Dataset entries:
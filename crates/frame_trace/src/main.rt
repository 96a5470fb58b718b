//! The program that traces: runs a frame script, writes when its pieces ran to standard output, and what the script
//! prints to standard error.
//!
//! What it reads and writes is the system's, by the adapters of `system_edge`, and so is the clock; no contract says
//! it.
#![tactic(auto)]

use std::alloc::Global;
use std::io;
use std::process::ExitCode;
use system_edge::{DiskFiles, WriterSink, program_words};
use trace_top::trace_frame;

fn main(rt: HostRuntime) -> ExitCode {
    let Some(words) = program_words(&rt) else {
        return ExitCode::from(8);
    };
    let mut files = DiskFiles::new(&rt);
    let mut lines = WriterSink::new(rt.stderr());
    let mut sink = WriterSink::new(io::writer(&rt));
    ExitCode::from(trace_frame(
        &rt,
        rt.alloc(),
        &rt,
        &words,
        &mut files,
        &mut lines,
        &mut sink,
    ))
}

**Task requirements:** Go through the entries above and report each line with the string "DiskFiles" in it.

**Written answer:**
use system_edge::{DiskFiles, WriterSink, program_words};
    let mut files = DiskFiles::new(&rt);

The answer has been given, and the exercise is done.